- Born: 20 January 1562
- Died: 15 February 1605 (aged 43) Frankfurt
- Buried: Church of St. Mary in Hanau
- Noble family: House of Hanau
- Father: Philip III, Count of Hanau-Münzenberg
- Mother: Countess Palatine Helena of Simmern

= Maria of Hanau-Münzenberg =

Maria of Hanau-Münzenberg (20 January 1562 - 15 February 1605 in Frankfurt) was the youngest daughter of Count Philip III (1526–1561) and Countess Palatine Helena of Simmern (1532–1579). She was born after her father's death and remained unmarried.

As with many female members of aristocratic families of the period who did not belong to important royal houses, the research into her life has many gaps.
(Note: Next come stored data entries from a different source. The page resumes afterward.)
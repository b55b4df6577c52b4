//! A walk along the nodes of a derivation, beside the parts that they stand for.
ghost use Rattle.std.specs.Prelude.{◌≡◌, ◌↔◌, ◌+◌, true, IfErr, IfOk};
ghost use Rattle.books.specs.Derivations.{node};
ghost use Rattle.book_check.specs.Parts.{places, places_of};
ghost use Rattle.effects.specs.Bodies.{list_of, part_of};
ghost use Rattle.book_check.specs.declared.refusal.Refusal.{Refusal};
ghost use Rattle.book_check.specs.Walks.{AllIn, AllNodes, IsWalkEnd};

use crate::refusal::Refusal;
use books::{Nodes, Word};
use effects::{BodyPart, InnerParts, inner_parts};
use std::alloc::{AllocError as NoMemory, Global};

/// Where a walk ends: all nodes are good, and this number comes next; or this is the least that is not.
#[derive(Clone, Copy)]
pub(crate) enum End {
    Good(u32),
    Bad(u32),
}

/// What is asked of each node.
pub(crate) trait Asked {
    ghost use Rattle.book_check.specs.Parts.{PlacedNode};
    ghost use Rattle.books.specs.Derivations.{Node};

    /// The answer that is right.
    ghost IsGood: { Self → PlacedNode → Type 0 };

    /// Where no bound of work is met.
    ghost IsNear: { Self → Node → Type 0 };

    /// Who meets no bound of work anywhere.
    ghost IsFree: { Self → Type 0 };

    /// What holds of whoever asks.
    ghost IsReady: { Self → Type 0 };

    /// Whether a node with this word, this number and these premises is right at this part.
    fn is_good<F: Nodes>(
        &self,
        alloc: Global,
        part: BodyPart<'_>,
        word: Word,
        number: u32,
        premises: F,
    ) -> Result<bool, Refusal>
        requires kept { F.AreKept premises }
        requires ready { IsReady self.now }
        ensures good { IfOk result (λ b. (b ≡ true) ↔ IsGood self.now (record { part = part_of part.entry; at = node word number (F.nodes premises) })) }
        ensures near { IsNear self.now (node word number (F.nodes premises)) → IfErr result (λ e. e ≡ Refusal.NoMemory) }
        ensures free { IsFree self.now → IfErr result (λ e. e ≡ Refusal.NoMemory) };
}

/// The next number; want of memory where there is none, which comes with no book that fits 16,777,216 bytes.
fn after(at: u32) -> Result<u32, NoMemory>
    ensures { IfOk result (λ next. next ≡ at + 1) }
{
    match at.checked_add(1) {
        Some(next) => Ok(next),
        None => Err(NoMemory),
    }
}

/// A node: its word, the number of its conclusion and its premises.
#[derive(Clone, Copy)]
pub(crate) struct WalkedNode<F> {
    pub(crate) word: Word,
    pub(crate) number: u32,
    pub(crate) premises: F,
}

/// Walks along a node and those below it, of which it has this number.
#[cycle(walking)]
pub(crate) fn walk_node<F: Nodes, J: Asked>(
    alloc: Global,
    asked: &J,
    part: BodyPart<'_>,
    walked: &WalkedNode<F>,
    at: u32,
) -> Result<End, Refusal>
    requires kept { F.AreKept walked.now.premises }
    requires ready { J.IsReady asked.now }
    ensures end { IfOk result (λ e. IsWalkEnd (J.IsGood asked.now) (places (part_of part.entry) (node walked.now.word walked.now.number (F.nodes walked.now.premises))) at e) }
    ensures near { AllNodes (J.IsNear asked.now) (node walked.now.word walked.now.number (F.nodes walked.now.premises)) → IfErr result (λ e. e ≡ Refusal.NoMemory) }
    ensures free { J.IsFree asked.now → IfErr result (λ e. e ≡ Refusal.NoMemory) }
{
    let next = after(at)?;
    let premises = walked.premises;
    if !asked.is_good(alloc, part, walked.word, walked.number, premises)? {
        return Ok(End::Bad(at));
    }
    walk_premises(alloc, asked, inner_parts(part), premises, next)
}

/// Walks along nodes side by side and those below them, of which the first has this number.
#[cycle(walking)]
fn walk_premises<F: Nodes, J: Asked>(
    alloc: Global,
    asked: &J,
    parts: InnerParts<'_>,
    premises: F,
    at: u32,
) -> Result<End, Refusal>
    requires kept { F.AreKept premises }
    requires ready { J.IsReady asked.now }
    ensures end { IfOk result (λ e. IsWalkEnd (J.IsGood asked.now) (places_of (list_of parts.entry) (F.nodes premises)) at e) }
    ensures near { AllIn (J.IsNear asked.now) (F.nodes premises) → IfErr result (λ e. e ≡ Refusal.NoMemory) }
    ensures free { J.IsFree asked.now → IfErr result (λ e. e ≡ Refusal.NoMemory) }
{
    let mut parts = parts;
    let mut rest = premises;
    let mut next = at;
    while let Some(first) = rest.first() {
        let Some((part, others)) = parts.first() else {
            return Ok(End::Good(next));
        };
        let walked = WalkedNode {
            word: first.word,
            number: first.number,
            premises: first.premises,
        };
        match walk_node(alloc, asked, part, &walked, next)? {
            End::Good(after) => next = after,
            End::Bad(node) => return Ok(End::Bad(node)),
        }
        parts = others;
        rest = first.rest;
    }
    Ok(End::Good(next))
}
A very incomplete picture of her life is known; only a few unusual facts, such as that she remained unmarried. This was unintended; her mother's relatives tried to arrange a marriage into the House of Wittelsbach for her in 1573.

== Life ==
In the fierce dispute between the regents of her nephew Count Philip Louis II and his brother Albert, which was mainly about whether their wards should be raised in the Calvinist of Lutheran faith, she supported the Lutheran side, which was represented by Count Philip IV of Hanau-Lichtenberg, and later by his son Philip V. The Lutheran side eventually lost.

She lived on her own in Hanau and this, along with her allegedly too expensive court, drew criticism from her opponents, led by Count Palatine John Casimir of Simmern, who was the regent of the Electorate of the Palatinate. Another criticism was that among her personnel were a midwife and the sister-in-law of an executioner. She was supported by the Lutheran Count Palatine Richard of Simmern-Sponheim, who tried to stem Calvinist offensive, together with the Counts of Hanau-Lichtenberg. As this conflict was not only about religion, but also about which member of the House of Hanau would act as regent for whom, Count Palatine John Casimir intervened immediately when Count Philip V of Hanau-Lichtenberg offered Maria accommodation in his castle in Babenhausen.

Maria died on 15 February 1605 in Frankfurt. The fact that she died in Frankfurt is a further indication that she led quite an independent life for a lady of her era. She was buried in the Church of St. Mary in Hanau.